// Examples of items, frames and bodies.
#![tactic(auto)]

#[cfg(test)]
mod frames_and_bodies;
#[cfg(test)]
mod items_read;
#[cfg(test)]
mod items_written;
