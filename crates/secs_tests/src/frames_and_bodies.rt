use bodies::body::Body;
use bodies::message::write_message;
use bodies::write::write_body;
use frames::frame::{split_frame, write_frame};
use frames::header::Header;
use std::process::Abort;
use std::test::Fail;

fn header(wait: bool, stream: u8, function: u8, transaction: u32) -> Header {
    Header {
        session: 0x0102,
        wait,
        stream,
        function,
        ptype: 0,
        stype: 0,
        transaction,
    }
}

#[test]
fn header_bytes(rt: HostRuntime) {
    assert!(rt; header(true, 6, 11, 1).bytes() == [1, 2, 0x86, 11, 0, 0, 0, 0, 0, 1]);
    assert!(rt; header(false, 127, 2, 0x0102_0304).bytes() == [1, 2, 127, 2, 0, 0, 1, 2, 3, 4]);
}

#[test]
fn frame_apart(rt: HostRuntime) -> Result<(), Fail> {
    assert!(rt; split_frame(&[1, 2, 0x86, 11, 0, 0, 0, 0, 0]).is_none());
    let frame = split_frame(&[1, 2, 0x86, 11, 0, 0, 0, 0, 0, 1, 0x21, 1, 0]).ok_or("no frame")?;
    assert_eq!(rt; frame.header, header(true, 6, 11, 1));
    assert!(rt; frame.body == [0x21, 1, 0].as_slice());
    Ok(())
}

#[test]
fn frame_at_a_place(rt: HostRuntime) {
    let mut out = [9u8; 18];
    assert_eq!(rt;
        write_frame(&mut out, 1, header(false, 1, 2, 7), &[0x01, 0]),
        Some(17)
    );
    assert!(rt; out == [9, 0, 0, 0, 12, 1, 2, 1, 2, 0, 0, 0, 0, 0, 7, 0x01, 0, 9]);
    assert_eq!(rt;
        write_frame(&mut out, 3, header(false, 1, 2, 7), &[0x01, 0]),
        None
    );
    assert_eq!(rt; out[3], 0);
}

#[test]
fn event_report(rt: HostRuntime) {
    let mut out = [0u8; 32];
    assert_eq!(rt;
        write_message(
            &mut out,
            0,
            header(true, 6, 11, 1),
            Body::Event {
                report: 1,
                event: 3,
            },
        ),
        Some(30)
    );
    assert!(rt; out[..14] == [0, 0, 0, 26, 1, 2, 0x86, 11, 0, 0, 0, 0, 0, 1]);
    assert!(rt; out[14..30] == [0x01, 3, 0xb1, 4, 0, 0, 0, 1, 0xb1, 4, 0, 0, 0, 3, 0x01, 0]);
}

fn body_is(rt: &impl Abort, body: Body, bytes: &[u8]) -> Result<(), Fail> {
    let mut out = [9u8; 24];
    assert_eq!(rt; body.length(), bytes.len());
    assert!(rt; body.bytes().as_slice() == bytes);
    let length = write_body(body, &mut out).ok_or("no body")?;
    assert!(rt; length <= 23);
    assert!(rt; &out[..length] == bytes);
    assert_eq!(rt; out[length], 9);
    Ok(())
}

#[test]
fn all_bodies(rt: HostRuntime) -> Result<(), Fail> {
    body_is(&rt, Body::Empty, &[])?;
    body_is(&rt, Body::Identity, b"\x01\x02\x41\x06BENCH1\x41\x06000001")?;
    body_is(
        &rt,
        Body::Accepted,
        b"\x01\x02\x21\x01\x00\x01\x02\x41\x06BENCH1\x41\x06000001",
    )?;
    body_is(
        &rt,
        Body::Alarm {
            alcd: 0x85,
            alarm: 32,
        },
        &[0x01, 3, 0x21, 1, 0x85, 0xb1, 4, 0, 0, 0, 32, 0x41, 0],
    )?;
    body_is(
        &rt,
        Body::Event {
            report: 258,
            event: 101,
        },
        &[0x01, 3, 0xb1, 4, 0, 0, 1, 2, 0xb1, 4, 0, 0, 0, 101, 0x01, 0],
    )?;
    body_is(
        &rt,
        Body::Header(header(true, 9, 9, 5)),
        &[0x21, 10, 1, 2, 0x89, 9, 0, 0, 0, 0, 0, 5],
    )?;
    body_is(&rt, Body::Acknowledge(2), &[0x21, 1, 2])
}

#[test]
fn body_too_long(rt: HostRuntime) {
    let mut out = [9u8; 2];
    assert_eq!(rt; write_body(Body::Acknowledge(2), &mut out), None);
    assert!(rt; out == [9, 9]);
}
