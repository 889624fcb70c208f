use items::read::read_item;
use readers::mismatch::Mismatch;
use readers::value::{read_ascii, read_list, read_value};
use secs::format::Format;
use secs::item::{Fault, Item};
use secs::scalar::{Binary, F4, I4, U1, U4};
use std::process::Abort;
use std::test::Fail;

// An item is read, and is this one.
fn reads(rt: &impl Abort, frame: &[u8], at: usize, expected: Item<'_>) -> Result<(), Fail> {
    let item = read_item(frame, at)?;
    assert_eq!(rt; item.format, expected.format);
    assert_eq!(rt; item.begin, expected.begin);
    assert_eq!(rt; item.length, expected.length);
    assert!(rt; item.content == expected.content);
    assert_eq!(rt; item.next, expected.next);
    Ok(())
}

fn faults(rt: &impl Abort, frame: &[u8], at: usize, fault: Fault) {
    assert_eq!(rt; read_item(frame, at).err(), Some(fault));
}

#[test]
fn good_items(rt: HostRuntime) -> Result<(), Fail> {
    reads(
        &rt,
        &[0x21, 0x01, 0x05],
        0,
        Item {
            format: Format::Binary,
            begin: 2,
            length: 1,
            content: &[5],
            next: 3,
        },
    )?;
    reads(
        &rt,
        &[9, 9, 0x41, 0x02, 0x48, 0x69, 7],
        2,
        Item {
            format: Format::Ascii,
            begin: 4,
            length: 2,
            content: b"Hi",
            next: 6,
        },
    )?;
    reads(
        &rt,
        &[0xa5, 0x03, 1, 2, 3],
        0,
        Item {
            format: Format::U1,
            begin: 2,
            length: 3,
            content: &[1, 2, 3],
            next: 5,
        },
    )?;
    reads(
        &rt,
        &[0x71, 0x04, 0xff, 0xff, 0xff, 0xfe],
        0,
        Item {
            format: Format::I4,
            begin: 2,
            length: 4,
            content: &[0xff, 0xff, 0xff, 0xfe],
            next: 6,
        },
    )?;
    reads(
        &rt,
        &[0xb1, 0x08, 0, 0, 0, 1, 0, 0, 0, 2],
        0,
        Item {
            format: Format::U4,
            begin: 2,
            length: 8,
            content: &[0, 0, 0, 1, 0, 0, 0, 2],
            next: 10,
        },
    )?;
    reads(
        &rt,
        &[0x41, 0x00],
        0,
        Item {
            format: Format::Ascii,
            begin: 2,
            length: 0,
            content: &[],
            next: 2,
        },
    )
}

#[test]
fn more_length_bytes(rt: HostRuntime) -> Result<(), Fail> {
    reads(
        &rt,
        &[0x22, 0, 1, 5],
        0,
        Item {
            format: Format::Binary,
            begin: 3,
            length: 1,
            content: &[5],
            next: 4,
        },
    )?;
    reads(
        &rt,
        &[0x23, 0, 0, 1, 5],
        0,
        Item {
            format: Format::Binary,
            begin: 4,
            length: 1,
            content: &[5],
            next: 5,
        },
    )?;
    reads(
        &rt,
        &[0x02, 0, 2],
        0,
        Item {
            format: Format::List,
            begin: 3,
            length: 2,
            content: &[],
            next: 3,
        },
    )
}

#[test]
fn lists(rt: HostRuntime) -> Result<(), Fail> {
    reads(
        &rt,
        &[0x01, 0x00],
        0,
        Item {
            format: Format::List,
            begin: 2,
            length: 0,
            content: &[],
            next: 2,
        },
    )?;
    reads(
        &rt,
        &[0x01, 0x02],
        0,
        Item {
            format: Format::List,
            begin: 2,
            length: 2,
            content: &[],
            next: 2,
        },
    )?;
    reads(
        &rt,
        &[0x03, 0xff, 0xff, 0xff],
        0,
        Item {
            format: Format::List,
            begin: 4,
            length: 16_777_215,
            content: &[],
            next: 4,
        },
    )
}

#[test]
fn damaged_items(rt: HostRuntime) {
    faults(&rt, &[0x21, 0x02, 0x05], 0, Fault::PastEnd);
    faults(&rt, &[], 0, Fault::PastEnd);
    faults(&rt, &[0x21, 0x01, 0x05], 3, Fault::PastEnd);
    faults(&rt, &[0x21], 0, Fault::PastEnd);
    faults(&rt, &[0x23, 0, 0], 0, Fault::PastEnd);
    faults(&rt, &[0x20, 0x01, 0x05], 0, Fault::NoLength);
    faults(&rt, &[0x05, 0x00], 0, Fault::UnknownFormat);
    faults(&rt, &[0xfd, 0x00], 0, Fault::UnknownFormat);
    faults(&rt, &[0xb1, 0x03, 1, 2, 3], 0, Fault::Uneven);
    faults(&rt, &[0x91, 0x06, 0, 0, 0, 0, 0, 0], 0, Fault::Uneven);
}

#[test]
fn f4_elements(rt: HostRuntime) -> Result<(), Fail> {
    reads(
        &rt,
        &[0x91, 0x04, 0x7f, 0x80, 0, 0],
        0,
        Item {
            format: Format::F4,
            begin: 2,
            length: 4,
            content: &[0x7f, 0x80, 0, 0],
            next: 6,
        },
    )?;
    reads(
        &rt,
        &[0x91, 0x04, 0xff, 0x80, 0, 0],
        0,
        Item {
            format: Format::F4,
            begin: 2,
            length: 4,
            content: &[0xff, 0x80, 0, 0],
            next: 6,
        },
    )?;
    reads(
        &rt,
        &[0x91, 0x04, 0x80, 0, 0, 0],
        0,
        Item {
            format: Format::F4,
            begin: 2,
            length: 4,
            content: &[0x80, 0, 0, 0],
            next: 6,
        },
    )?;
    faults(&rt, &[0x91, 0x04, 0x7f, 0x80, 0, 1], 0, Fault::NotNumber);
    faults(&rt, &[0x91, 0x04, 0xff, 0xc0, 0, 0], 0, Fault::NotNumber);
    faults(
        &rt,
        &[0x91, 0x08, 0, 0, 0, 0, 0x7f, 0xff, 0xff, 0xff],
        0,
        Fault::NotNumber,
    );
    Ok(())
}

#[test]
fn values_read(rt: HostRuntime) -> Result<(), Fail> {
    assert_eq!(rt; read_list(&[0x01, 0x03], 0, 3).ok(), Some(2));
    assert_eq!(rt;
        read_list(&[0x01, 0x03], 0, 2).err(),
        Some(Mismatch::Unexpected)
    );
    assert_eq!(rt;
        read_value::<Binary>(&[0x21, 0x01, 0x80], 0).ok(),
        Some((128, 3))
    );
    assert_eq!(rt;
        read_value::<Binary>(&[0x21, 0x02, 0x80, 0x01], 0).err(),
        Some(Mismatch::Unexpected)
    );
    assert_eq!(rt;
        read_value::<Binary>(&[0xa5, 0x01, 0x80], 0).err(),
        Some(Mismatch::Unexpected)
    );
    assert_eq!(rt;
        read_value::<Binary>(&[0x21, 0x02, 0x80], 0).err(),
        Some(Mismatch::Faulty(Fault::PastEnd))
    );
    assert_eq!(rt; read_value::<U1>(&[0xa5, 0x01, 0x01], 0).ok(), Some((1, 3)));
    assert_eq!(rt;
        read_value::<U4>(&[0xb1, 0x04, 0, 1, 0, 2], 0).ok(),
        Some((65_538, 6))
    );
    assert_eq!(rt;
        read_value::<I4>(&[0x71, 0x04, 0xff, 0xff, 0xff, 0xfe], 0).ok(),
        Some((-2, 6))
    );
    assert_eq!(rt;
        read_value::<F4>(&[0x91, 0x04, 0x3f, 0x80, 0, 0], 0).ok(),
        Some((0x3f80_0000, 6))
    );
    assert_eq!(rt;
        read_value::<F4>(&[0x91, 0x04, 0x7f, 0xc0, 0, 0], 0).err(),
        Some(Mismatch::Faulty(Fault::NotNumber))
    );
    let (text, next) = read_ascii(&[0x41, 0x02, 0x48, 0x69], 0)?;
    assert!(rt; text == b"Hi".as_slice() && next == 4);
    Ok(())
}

..........

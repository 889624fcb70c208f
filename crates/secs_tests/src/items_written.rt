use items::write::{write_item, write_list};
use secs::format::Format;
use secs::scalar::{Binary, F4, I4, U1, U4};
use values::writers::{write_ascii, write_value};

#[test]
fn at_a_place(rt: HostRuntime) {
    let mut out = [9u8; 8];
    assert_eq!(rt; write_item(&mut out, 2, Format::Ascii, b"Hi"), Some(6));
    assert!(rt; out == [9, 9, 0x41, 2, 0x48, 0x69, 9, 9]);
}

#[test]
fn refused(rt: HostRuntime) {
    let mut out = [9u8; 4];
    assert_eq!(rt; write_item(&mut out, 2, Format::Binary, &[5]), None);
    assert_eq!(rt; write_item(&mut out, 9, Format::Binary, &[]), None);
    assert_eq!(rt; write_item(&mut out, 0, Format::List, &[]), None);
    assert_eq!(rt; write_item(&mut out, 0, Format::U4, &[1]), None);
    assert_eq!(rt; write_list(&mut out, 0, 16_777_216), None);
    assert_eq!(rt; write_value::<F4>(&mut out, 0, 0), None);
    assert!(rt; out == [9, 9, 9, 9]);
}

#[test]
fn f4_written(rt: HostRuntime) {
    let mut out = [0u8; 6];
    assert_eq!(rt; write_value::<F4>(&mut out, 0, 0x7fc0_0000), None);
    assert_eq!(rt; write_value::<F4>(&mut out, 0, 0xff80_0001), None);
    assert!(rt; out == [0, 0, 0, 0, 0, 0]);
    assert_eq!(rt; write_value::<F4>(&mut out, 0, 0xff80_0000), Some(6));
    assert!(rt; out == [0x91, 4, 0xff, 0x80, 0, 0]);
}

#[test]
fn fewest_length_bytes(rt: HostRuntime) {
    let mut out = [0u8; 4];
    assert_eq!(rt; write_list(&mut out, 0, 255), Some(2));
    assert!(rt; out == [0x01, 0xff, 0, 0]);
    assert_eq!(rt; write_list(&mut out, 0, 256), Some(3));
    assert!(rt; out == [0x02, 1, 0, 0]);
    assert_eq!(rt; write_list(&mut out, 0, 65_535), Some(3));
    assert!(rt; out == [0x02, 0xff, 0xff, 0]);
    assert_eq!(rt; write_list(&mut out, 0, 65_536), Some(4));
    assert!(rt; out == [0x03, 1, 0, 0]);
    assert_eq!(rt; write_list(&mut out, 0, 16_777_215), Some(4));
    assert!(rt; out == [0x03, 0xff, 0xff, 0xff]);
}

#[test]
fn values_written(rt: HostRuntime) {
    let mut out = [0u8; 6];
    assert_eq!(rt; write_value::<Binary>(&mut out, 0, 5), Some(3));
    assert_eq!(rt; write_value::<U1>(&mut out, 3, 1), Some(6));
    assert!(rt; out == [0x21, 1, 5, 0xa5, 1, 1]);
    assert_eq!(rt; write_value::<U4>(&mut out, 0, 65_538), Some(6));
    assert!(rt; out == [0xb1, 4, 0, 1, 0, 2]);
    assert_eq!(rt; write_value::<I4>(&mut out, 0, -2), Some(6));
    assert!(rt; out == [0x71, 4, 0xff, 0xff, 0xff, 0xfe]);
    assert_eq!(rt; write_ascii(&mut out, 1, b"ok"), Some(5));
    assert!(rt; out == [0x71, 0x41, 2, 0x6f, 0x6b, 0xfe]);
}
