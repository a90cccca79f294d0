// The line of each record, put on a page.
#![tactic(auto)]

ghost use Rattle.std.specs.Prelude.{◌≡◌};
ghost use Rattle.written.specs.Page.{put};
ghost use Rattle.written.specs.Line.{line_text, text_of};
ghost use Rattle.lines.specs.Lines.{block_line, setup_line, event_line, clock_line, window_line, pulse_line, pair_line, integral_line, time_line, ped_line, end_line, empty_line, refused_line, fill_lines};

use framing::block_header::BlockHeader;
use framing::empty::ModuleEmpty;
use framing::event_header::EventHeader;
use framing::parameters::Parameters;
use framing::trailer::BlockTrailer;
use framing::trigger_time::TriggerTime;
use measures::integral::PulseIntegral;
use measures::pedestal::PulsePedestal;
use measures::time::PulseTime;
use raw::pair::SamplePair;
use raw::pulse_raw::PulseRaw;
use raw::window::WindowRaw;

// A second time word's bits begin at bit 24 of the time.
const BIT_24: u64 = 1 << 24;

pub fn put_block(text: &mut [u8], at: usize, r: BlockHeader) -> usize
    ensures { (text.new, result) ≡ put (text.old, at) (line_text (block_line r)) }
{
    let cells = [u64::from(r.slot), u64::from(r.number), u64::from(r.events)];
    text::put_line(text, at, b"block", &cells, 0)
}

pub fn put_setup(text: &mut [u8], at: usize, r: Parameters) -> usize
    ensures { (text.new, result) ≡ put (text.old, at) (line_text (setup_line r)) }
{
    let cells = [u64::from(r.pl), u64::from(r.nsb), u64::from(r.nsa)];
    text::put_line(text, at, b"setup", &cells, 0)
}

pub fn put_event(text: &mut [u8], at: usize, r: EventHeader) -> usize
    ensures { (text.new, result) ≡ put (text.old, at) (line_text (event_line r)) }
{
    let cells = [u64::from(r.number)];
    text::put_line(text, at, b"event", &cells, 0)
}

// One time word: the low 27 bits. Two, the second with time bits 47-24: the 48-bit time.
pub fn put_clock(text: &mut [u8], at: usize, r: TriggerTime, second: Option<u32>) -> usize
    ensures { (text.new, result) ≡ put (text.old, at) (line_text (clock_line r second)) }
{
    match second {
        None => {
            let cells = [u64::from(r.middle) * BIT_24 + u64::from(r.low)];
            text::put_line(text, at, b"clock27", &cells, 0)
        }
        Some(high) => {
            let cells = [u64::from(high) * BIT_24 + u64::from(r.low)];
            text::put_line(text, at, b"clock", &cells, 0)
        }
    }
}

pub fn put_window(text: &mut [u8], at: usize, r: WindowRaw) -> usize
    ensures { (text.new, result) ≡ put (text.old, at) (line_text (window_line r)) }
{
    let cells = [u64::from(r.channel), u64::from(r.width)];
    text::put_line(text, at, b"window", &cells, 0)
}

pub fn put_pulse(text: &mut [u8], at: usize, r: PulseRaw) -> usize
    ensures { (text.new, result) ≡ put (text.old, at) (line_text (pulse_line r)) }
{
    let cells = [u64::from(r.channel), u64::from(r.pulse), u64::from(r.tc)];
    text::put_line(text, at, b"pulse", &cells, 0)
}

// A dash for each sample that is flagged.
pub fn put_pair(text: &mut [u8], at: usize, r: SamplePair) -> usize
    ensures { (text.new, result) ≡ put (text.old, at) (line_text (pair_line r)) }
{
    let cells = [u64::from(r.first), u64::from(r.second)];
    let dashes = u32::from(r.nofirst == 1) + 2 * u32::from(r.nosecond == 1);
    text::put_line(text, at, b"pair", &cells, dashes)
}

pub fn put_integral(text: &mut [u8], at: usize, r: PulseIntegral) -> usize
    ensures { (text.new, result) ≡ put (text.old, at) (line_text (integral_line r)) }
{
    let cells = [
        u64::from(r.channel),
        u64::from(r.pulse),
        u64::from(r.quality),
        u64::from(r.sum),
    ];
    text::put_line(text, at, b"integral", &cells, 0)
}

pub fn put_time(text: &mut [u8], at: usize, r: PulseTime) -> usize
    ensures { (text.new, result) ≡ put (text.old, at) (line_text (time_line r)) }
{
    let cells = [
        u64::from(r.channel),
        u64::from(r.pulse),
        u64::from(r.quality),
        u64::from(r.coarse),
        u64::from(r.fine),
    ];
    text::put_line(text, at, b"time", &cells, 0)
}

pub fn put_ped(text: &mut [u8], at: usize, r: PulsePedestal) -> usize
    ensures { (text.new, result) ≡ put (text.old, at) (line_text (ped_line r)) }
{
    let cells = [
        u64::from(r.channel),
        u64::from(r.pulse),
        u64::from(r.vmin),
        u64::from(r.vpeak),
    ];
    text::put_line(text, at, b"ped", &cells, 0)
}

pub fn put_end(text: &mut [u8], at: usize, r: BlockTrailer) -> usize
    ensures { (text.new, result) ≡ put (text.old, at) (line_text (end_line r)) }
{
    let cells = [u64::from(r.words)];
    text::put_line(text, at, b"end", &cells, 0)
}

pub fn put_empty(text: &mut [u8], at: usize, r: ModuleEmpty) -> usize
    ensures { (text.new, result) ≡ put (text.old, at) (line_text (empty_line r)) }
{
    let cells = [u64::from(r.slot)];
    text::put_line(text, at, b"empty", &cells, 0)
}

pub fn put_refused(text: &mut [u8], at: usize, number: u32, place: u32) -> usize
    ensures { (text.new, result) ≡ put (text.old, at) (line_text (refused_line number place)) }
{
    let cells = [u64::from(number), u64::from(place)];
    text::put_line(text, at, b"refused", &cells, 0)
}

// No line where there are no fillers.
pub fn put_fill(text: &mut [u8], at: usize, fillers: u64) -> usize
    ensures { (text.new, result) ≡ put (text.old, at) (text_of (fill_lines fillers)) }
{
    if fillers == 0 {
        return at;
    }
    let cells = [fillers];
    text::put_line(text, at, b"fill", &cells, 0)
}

..........

-- How to complete this task --
Taking the line with "pub fn put_block(text: &mut" as the first and the line with "pub fn put_pulse(text: &mut" as the last, retype that stretch of the data above exactly, with no other lines.

-- Answer space --
pub fn put_block(text: &mut [u8], at: usize, r: BlockHeader) -> usize
    ensures { (text.new, result) ≡ put (text.old, at) (line_text (block_line r)) }
{
    let cells = [u64::from(r.slot), u64::from(r.number), u64::from(r.events)];
    text::put_line(text, at, b"block", &cells, 0)
}

pub fn put_setup(text: &mut [u8], at: usize, r: Parameters) -> usize
    ensures { (text.new, result) ≡ put (text.old, at) (line_text (setup_line r)) }
{
    let cells = [u64::from(r.pl), u64::from(r.nsb), u64::from(r.nsa)];
    text::put_line(text, at, b"setup", &cells, 0)
}

pub fn put_event(text: &mut [u8], at: usize, r: EventHeader) -> usize
    ensures { (text.new, result) ≡ put (text.old, at) (line_text (event_line r)) }
{
    let cells = [u64::from(r.number)];
    text::put_line(text, at, b"event", &cells, 0)
}

// One time word: the low 27 bits. Two, the second with time bits 47-24: the 48-bit time.
pub fn put_clock(text: &mut [u8], at: usize, r: TriggerTime, second: Option<u32>) -> usize
    ensures { (text.new, result) ≡ put (text.old, at) (line_text (clock_line r second)) }
{
    match second {
        None => {
            let cells = [u64::from(r.middle) * BIT_24 + u64::from(r.low)];
            text::put_line(text, at, b"clock27", &cells, 0)
        }
        Some(high) => {
            let cells = [u64::from(high) * BIT_24 + u64::from(r.low)];
            text::put_line(text, at, b"clock", &cells, 0)
        }
    }
}

pub fn put_window(text: &mut [u8], at: usize, r: WindowRaw) -> usize
    ensures { (text.new, result) ≡ put (text.old, at) (line_text (window_line r)) }
{
    let cells = [u64::from(r.channel), u64::from(r.width)];
    text::put_line(text, at, b"window", &cells, 0)
}

pub fn put_pulse(text: &mut [u8], at: usize, r: PulseRaw) -> usize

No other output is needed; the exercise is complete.